Start of INPUT RECORDS

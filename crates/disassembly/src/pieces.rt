//! The pieces of a storage: what each card places.

use crate::constants::push_constants;
use crate::instructions::instruction_at;
use crate::positions::{FIRST_FREE, Positions};
use core_store::Core;
use std::alloc::{AllocError, Global};

/// What a piece is.
#[derive(Clone, Copy, PartialEq, Eq)]
pub(crate) enum Kind {
    /// An instruction.
    Instruction,
    /// A constant with a word mark.
    Marked,
    /// A constant without a word mark.
    Unmarked,
    /// An at sign, which no constant can have.
    AtSign,
}

/// Positions that one card places.
#[derive(Clone, Copy)]
pub(crate) struct Piece {
    /// What they are.
    pub(crate) kind: Kind,
    /// The first.
    pub(crate) first: u16,
    /// The one behind the last.
    pub(crate) end: u16,
}

impl Piece {
    /// The position that a label of its card names: of an instruction the first, else the last.
    pub(crate) fn label(&self) -> u16 {
        match self.kind {
            Kind::Instruction => self.first,
            _ => self.end.saturating_sub(1),
        }
    }
}

/// The next position with a word mark, from one on, or the size of the storage.
fn next_mark<C: Core>(core: &C, first: u16) -> u16 {
    for position in first..core.size() {
        if core.is_marked(position) {
            return position;
        }
    }
    core.size()
}

/// Whether there is an at sign from one position to another.
fn has_at_sign<C: Core>(core: &C, first: u16, end: u16) -> bool {
    for position in first..end.min(core.size()) {
        if core.get(position).glyph() == b'@' {
            return true;
        }
    }
    false
}

/// Adds the pieces of the word at a position with a word mark.
fn push_word<C: Core>(
    core: &C,
    pieces: &mut Vec<Piece>,
    found: &Positions,
    named: &Positions,
    first: u16,
) -> Result<(), AllocError> {
    let end = next_mark(core, first.saturating_add(1));
    let is_one = found.has(first) || has_at_sign(core, first, end);
    if is_one && instruction_at(core, first).is_some() {
        pieces.push(Piece {
            kind: Kind::Instruction,
            first,
            end,
        })?;
        return Ok(());
    }
    push_constants(core, pieces, named, first, end, true)
}

/// Adds the positions that the addresses of the instruction at a position name.
fn name_operands<C: Core>(core: &C, named: &mut Positions, position: u16) {
    let Some(instruction) = instruction_at(core, position) else {
        return;
    };
    if let Some(first) = &instruction.statement.first {
        named.put(first.base);
    }
    if let Some(second) = &instruction.statement.second {
        named.put(second.base);
    }
}

/// The positions that the addresses of the instructions name.
fn named_by<C: Core>(alloc: Global, core: &C, found: &Positions) -> Result<Positions, AllocError> {
    let mut named = Positions::none(alloc, core.size())?;
    for position in FIRST_FREE..core.size() {
        if found.has(position) {
            name_operands(core, &mut named, position);
        }
    }
    Ok(named)
}

/// The pieces of a storage from 081 on, in rising order, where instructions begin at these
/// positions.
pub(crate) fn pieces_of<C: Core>(
    alloc: Global,
    core: &C,
    found: &Positions,
) -> Result<Vec<Piece>, AllocError> {
    let named = named_by(alloc, core, found)?;
    let mut pieces = Vec::new(alloc);
    let loose = next_mark(core, FIRST_FREE);
    push_constants(core, &mut pieces, &named, FIRST_FREE, loose, false)?;
    for position in FIRST_FREE..core.size() {
        if core.is_marked(position) {
            push_word(core, &mut pieces, found, &named, position)?;
        }
    }
    Ok(pieces)
}
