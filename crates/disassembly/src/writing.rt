//! The cards of a source that is made of a storage.

use crate::instructions::instruction_at;
use crate::labels::Labels;
use crate::operands::{digit, push_address, push_next_last, push_number, push_operands};
use crate::pieces::{Kind, Piece};
use crate::positions::FIRST_FREE;
use crate::punching::{card_of, codes_of, comment_of};
use crate::sources::CodeOptions;
use crate::statements::Statement;
use crate::stored::statement_at;
use addresses::Tagged;
use autocoder_layout::{Definition, Slot};
use autocoder_statements::{Name, code_of};
use bcd::Code;
use cards::{Card, Deck, DeckFault};
use core_store::Core;
use std::alloc::{AllocError, Global};

/// The digit of a size on a CTL card.
fn size_digit(size: u16) -> u8 {
    match size {
        1400 => b'1',
        2000 => b'2',
        4000 => b'3',
        8000 => b'4',
        12_000 => b'5',
        _ => b'6',
    }
}

/// Adds a constant's text: digits, a number of blanks, or characters between at signs.
fn push_constant(text: &mut Vec<Code>, codes: &[Code]) -> Result<(), AllocError> {
    if codes.iter().all(|code| code.glyph() == b' ') {
        text.push(code_of(b'#'))?;
        return push_count(text, codes.len());
    }
    if codes.iter().all(|code| code.glyph().is_ascii_digit()) {
        return text.extend_from_slice(codes);
    }
    text.push(code_of(b'@'))?;
    text.extend_from_slice(codes)?;
    text.push(code_of(b'@'))?;
    Ok(())
}

/// Adds a number of blanks, of two digits at most.
fn push_count(text: &mut Vec<Code>, count: usize) -> Result<(), AllocError> {
    let number = count.min(99) as u16;
    if number >= 10 {
        text.push(digit(number, 10))?;
    }
    text.push(digit(number, 1))?;
    Ok(())
}

/// The characters of a storage from one position to another.
fn codes_between<C: Core>(
    alloc: Global,
    core: &C,
    first: u16,
    end: u16,
) -> Result<Vec<Code>, AllocError> {
    let mut codes = Vec::new(alloc);
    for position in first..end.min(core.size()) {
        codes.push(core.get(position))?;
    }
    Ok(codes)
}

/// A source that is being made of a storage.
#[derive(Drop)]
pub(crate) struct Writer<'a, C: Core> {
    /// The memory.
    pub(crate) alloc: Global,
    /// The storage.
    pub(crate) core: &'a C,
    /// How its positions are said.
    pub(crate) labels: &'a Labels<'a>,
}

impl<C: Core> Writer<'_, C> {
    /// Adds an address of an instruction.
    fn push_address(&self, text: &mut Vec<Code>, address: &Tagged) -> Result<(), AllocError> {
        if address.index.is_some() {
            return push_address(text, &[], address);
        }
        self.labels.push_position(text, address.base)
    }

    /// Adds a second address behind a comma, if there is one.
    fn push_next_address(
        &self,
        text: &mut Vec<Code>,
        address: &Option<Tagged>,
    ) -> Result<(), AllocError> {
        let Some(address) = address else {
            return Ok(());
        };
        text.push(code_of(b','))?;
        self.push_address(text, address)
    }

    /// The operand field of an instruction.
    fn operands_of(&self, statement: &Statement) -> Result<Vec<Code>, AllocError> {
        let mut text = Vec::new(self.alloc);
        let Some(first) = &statement.first else {
            if let Some(code) = statement.last {
                text.push(code)?;
            }
            return Ok(text);
        };
        self.push_address(&mut text, first)?;
        self.push_next_address(&mut text, &statement.second)?;
        push_next_last(&mut text, statement.last)?;
        Ok(text)
    }

    /// The card of an instruction.
    fn instruction_card(&self, piece: &Piece) -> Result<Option<Card>, AllocError> {
        let Some(instruction) = instruction_at(self.core, piece.first) else {
            return Ok(None);
        };
        let operands = self.operands_of(&instruction.statement)?;
        let label = self.labels.label_of(piece);
        let name = &instruction.statement.name;
        Ok(Some(card_of(self.alloc, label, name, &operands)?))
    }

    /// The card of a constant.
    fn constant_card(&self, piece: &Piece, operation: &[u8]) -> Result<Card, AllocError> {
        let codes = codes_between(self.alloc, self.core, piece.first, piece.end)?;
        let mut text = Vec::new(self.alloc);
        push_constant(&mut text, &codes)?;
        card_of(self.alloc, self.labels.label_of(piece), operation, &text)
    }

    /// The comment on an at sign.
    fn at_sign_card(&self, position: u16) -> Result<Card, AllocError> {
        let mut text = Vec::new(self.alloc);
        push_number(&mut text, position)?;
        let words = codes_of(self.alloc, b" HAS AN AT SIGN, WHICH NO CONSTANT HAS")?;
        text.extend_from_slice(&words)?;
        comment_of(self.alloc, &text)
    }

    /// The comment on the instruction at a position that no card can place: its statement, if it
    /// has one.
    fn below_card(&self, position: u16) -> Result<Option<Card>, AllocError> {
        let Some(statement) = statement_at(self.core, position) else {
            return Ok(None);
        };
        let mut text = Vec::new(self.alloc);
        push_number(&mut text, position)?;
        text.push(Code::blank())?;
        text.extend_from_slice(&codes_of(self.alloc, &statement.name)?)?;
        push_operands(&mut text, &[], &statement)?;
        Ok(Some(comment_of(self.alloc, &text)?))
    }

    /// Adds the comments on those of these instructions that no card can place.
    fn push_below(&self, deck: &mut Deck, begun: &[u16]) -> Result<(), DeckFault> {
        for position in begun {
            if *position < FIRST_FREE {
                if let Some(card) = self.below_card(*position)? {
                    deck.push(card)?;
                }
            }
        }
        Ok(())
    }

    /// The card of a piece.
    fn card_of_piece(&self, piece: &Piece) -> Result<Option<Card>, AllocError> {
        match piece.kind {
            Kind::Instruction => self.instruction_card(piece),
            Kind::Marked => Ok(Some(self.constant_card(piece, b"DCW")?)),
            Kind::Unmarked => Ok(Some(self.constant_card(piece, b"DC")?)),
            Kind::AtSign => Ok(Some(self.at_sign_card(piece.first)?)),
        }
    }

    /// A card whose operand is a position by its number.
    fn card_at(
        &self,
        label: Option<Name>,
        operation: &[u8],
        position: u16,
    ) -> Result<Card, AllocError> {
        let mut text = Vec::new(self.alloc);
        push_number(&mut text, position)?;
        card_of(self.alloc, label, operation, &text)
    }

    /// Adds the card that says the size.
    fn push_size(&self, deck: &mut Deck) -> Result<(), DeckFault> {
        let digit = [code_of(size_digit(self.core.size()))];
        deck.push(card_of(self.alloc, None, b"CTL", &digit)?)
    }

    /// Adds the card of a name of the source whose names are taken, if no other card has it.
    fn push_name(&self, deck: &mut Deck, slot: &Slot) -> Result<(), DeckFault> {
        let Some(Definition { name, address }) = slot.defines else {
            return Ok(());
        };
        if address >= u32::from(self.core.size()) {
            return Ok(());
        }
        let position = address as u16;
        if self.labels.is_placed(position) && self.labels.is_first(&name, position) {
            return Ok(());
        }
        deck.push(self.card_at(Some(name), b"EQU", position)?)
    }

    /// Adds the cards of the names that no other card has.
    fn push_names(&self, deck: &mut Deck, slots: &[Slot]) -> Result<(), DeckFault> {
        for slot in slots {
            self.push_name(deck, slot)?;
        }
        Ok(())
    }

    /// Adds the card of a piece, and where it does not stand behind the one before its place.
    fn push_piece(&self, deck: &mut Deck, place: u16, piece: &Piece) -> Result<u16, DeckFault> {
        let is_placed = piece.kind != Kind::AtSign;
        if is_placed && piece.first != place {
            deck.push(self.card_at(None, b"ORG", piece.first)?)?;
        }
        if let Some(card) = self.card_of_piece(piece)? {
            deck.push(card)?;
        }
        if is_placed { Ok(piece.end) } else { Ok(place) }
    }

    /// Adds the cards of the pieces.
    fn push_pieces(&self, deck: &mut Deck, pieces: &[Piece]) -> Result<(), DeckFault> {
        let mut place = 0;
        for piece in pieces {
            place = self.push_piece(deck, place, piece)?;
        }
        Ok(())
    }

    /// Adds the card that ends the source and says where the program starts.
    fn push_end(&self, deck: &mut Deck, start: u16) -> Result<(), DeckFault> {
        let mut text = Vec::new(self.alloc);
        if self.labels.is_begun(start) {
            self.labels.push_position(&mut text, start)?;
        } else {
            push_number(&mut text, start)?;
        }
        deck.push(card_of(self.alloc, None, b"END", &text)?)
    }

    /// The cards of the source.
    pub(crate) fn source(
        &self,
        pieces: &[Piece],
        options: CodeOptions<'_>,
    ) -> Result<Deck, DeckFault> {
        let mut deck = Deck::empty(self.alloc);
        self.push_size(&mut deck)?;
        self.push_below(&mut deck, options.begun)?;
        self.push_names(&mut deck, options.names)?;
        self.push_pieces(&mut deck, pieces)?;
        self.push_end(&mut deck, options.start)?;
        Ok(deck)
    }
}
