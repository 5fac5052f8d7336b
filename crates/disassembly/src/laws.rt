//! The law of code.

ghost use Rattle.std.specs.Prelude.{◌≡◌, ◌++◌, ℕ, List};
ghost use Rattle.cards.specs.declared.decks.Card.{Card};
ghost use Rattle.core_store.specs.{Storage.{Storage, positions_of}, declared.sizes.Size.{Size}};
ghost use Rattle.machine.specs.Run.{after, loaded};
ghost use Rattle.units.specs.{
  declared.profiles.Profile.{Profile},
  declared.switches.Switches.{Switches},
};
ghost use Rattle.autocoder_layout.specs.Source.{source_of};
ghost use Rattle.autocoder.specs.Programs.{image_for, size_for};
ghost use Rattle.loader.specs.{Decks.{loading_cards_of}, Loading.{instructions_to_load}};
ghost use Rattle.disassembly.specs.Sources.{HaveSameCode, IsCodeOf, IsWhole};

use loader::faultless_sources_load;

/// The law of code: the loading cards of a source that is a storage's bring the same characters and
/// word marks into a machine of that size, at each position from 081 on, whatever data follow them;
/// and those of a whole deck start it where the storage was to start.
pub fn code_loads()
    ensures storage { (s : Storage) (source data_cards : List Card) (size : Size)
        (switches : Switches) (profile : Profile) → IsCodeOf s source →
        size_for source ≡ positions_of size → HaveSameCode s
        (after (loaded (loading_cards_of source ++ data_cards) size switches profile)
        (instructions_to_load (image_for source))).works.storage }
    ensures start { (s : Storage) (start : ℕ) (data_cards deck : List Card) (size : Size)
        (switches : Switches) (profile : Profile) → IsWhole s start data_cards deck →
        let source = source_of deck in size_for source ≡ positions_of size →
        (after (loaded (loading_cards_of source ++ data_cards) size switches profile)
        (instructions_to_load (image_for source))).works.registers.i ≡ start }
{
    faultless_sources_load();
}
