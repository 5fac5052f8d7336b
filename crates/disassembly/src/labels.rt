//! The labels of a source that is made of a storage.

use crate::instructions::instruction_at;
use crate::names::{name_at, push_name};
use crate::operands::{digit, push_number};
use crate::pieces::{Kind, Piece};
use crate::positions::Positions;
use addresses::Tagged;
use autocoder_layout::Slot;
use autocoder_statements::{Name, code_of};
use bcd::Code;
use core_store::Core;
use std::alloc::{AllocError, Global};

/// How a source that is made of a storage says its positions.
#[derive(Drop)]
pub(crate) struct Labels<'a> {
    /// What the cards of a source define whose names are taken.
    slots: &'a [Slot],
    /// Whether a position without such a name is said by its number.
    numbers: bool,
    /// For each position the label's position of the card that places it; 0 if none does.
    places: Vec<u16>,
    /// Where instructions begin.
    begun: Positions,
    /// The labels that operands name.
    used: Positions,
}

/// Sets the label's position for the positions of a piece.
fn cover(places: &mut [u16], begun: &mut Positions, piece: &Piece) {
    if piece.kind == Kind::AtSign {
        return;
    }
    if piece.kind == Kind::Instruction {
        begun.put(piece.first);
    }
    for position in piece.first..piece.end {
        let index = usize::from(position);
        if index < places.len() {
            places[index] = piece.label();
        }
    }
}

/// The letters and digits of a label that is made of a position.
fn made_name(letter: u8, position: u16) -> Name {
    Name {
        characters: [
            code_of(letter),
            digit(position, 10_000),
            digit(position, 1000),
            digit(position, 100),
            digit(position, 10),
            digit(position, 1),
        ],
    }
}

/// Whether a card defines a name.
fn is_defined(slots: &[Slot], name: &Name) -> bool {
    slots.iter().any(|slot| slot.defines(name))
}

/// Adds how far a position is from its label.
fn push_distance(text: &mut Vec<Code>, sign: u8, distance: u16) -> Result<(), AllocError> {
    text.push(code_of(sign))?;
    if distance >= 10 {
        text.push(digit(distance, 10))?;
    }
    text.push(digit(distance, 1))?;
    Ok(())
}

impl<'a> Labels<'a> {
    /// The labels of these pieces, of which no operand names one yet.
    fn unused(
        alloc: Global,
        size: u16,
        pieces: &[Piece],
        slots: &'a [Slot],
        numbers: bool,
    ) -> Result<Self, AllocError> {
        let mut places = vec![in alloc; 0; usize::from(size)]?;
        let mut begun = Positions::none(alloc, size)?;
        for piece in pieces {
            cover(&mut places, &mut begun, piece);
        }
        Ok(Labels {
            slots,
            numbers,
            places,
            begun,
            used: Positions::none(alloc, size)?,
        })
    }

    /// The labels of these pieces, with those that the operands of their instructions name.
    pub(crate) fn of<C: Core>(
        alloc: Global,
        core: &C,
        pieces: &[Piece],
        slots: &'a [Slot],
        numbers: bool,
    ) -> Result<Self, AllocError> {
        let mut labels = Labels::unused(alloc, core.size(), pieces, slots, numbers)?;
        for piece in pieces {
            if piece.kind == Kind::Instruction {
                labels.use_operands(core, piece.first);
            }
        }
        Ok(labels)
    }

    /// Takes the labels that the addresses of an instruction name.
    fn use_operands<C: Core>(&mut self, core: &C, position: u16) {
        let Some(instruction) = instruction_at(core, position) else {
            return;
        };
        self.use_address(&instruction.statement.first);
        self.use_address(&instruction.statement.second);
    }

    /// Takes the label that an address names.
    fn use_address(&mut self, address: &Option<Tagged>) {
        let Some(address) = address else {
            return;
        };
        if address.index.is_none() {
            self.use_position(address.base);
        }
    }

    /// Takes the label that says a position.
    pub(crate) fn use_position(&mut self, position: u16) {
        if let Some((_, label)) = self.named(position) {
            self.used.put(label);
        }
    }

    /// The name of the card with a label at a position: that of the source whose names are taken,
    /// or one that is made, unless that source calls something else so.
    fn name_of_label(&self, label: u16) -> Option<Name> {
        if let Some(name) = name_at(self.slots, label) {
            return Some(name);
        }
        let letter = if self.begun.has(label) { b'I' } else { b'F' };
        let made = made_name(letter, label);
        if is_defined(self.slots, &made) {
            return None;
        }
        Some(made)
    }

    /// The name by which a position is said, and where this name stands.
    fn named(&self, position: u16) -> Option<(Name, u16)> {
        if let Some(name) = name_at(self.slots, position) {
            return Some((name, position));
        }
        if self.numbers {
            return None;
        }
        let label = self.places.get(usize::from(position)).copied().unwrap_or(0);
        if label == 0 {
            return None;
        }
        Some((self.name_of_label(label)?, label))
    }

    /// The label of a piece's card, if it needs one.
    pub(crate) fn label_of(&self, piece: &Piece) -> Option<Name> {
        let label = piece.label();
        if piece.kind == Kind::AtSign {
            return None;
        }
        if let Some(name) = name_at(self.slots, label) {
            return Some(name);
        }
        if !self.used.has(label) {
            return None;
        }
        self.name_of_label(label)
    }

    /// Whether a card has the label at a position.
    pub(crate) fn is_placed(&self, position: u16) -> bool {
        position != 0 && self.places.get(usize::from(position)).copied() == Some(position)
    }

    /// Whether a name is the first of those of cards that are at a position.
    pub(crate) fn is_first(&self, name: &Name, position: u16) -> bool {
        match name_at(self.slots, position) {
            None => false,
            Some(first) => first == *name,
        }
    }

    /// Whether an instruction begins at a position.
    pub(crate) fn is_begun(&self, position: u16) -> bool {
        self.begun.has(position)
    }

    /// Adds a position: by a name, if it has one, or by its number.
    pub(crate) fn push_position(
        &self,
        text: &mut Vec<Code>,
        position: u16,
    ) -> Result<(), AllocError> {
        let Some((name, label)) = self.named(position) else {
            return push_number(text, position);
        };
        push_name(text, &name)?;
        if position > label {
            return push_distance(text, b'&', position - label);
        }
        if position < label {
            return push_distance(text, b'-', label - position);
        }
        Ok(())
    }
}
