//! Sets of positions.

use std::alloc::{AllocError, Global};

/// The lowest position that a source may fill.
pub(crate) const FIRST_FREE: u16 = autocoder_layout::FIRST_FREE as u16;

/// A set of positions, as a mark for each.
#[derive(Drop)]
pub(crate) struct Positions {
    marks: Vec<bool>,
}

impl Positions {
    /// No position of so many.
    pub(crate) fn none(alloc: Global, size: u16) -> Result<Self, AllocError> {
        let marks = vec![in alloc; false; usize::from(size)]?;
        Ok(Positions { marks })
    }

    /// Whether a position is in the set.
    pub(crate) fn has(&self, position: u16) -> bool {
        self.marks.get(usize::from(position)).copied() == Some(true)
    }

    /// Puts a position into the set.
    pub(crate) fn put(&mut self, position: u16) {
        let index = usize::from(position);
        if index < self.marks.len() {
            self.marks[index] = true;
        }
    }
}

End of INPUT RECORDS

### DIRECTIONS FOR THIS TASK
Where a line of the records above holds the word "loose", copy that line.

### RESULT FOR THIS EXERCISE
    let loose = next_mark(core, FIRST_FREE);
    push_constants(core, &mut pieces, &named, FIRST_FREE, loose, false)?;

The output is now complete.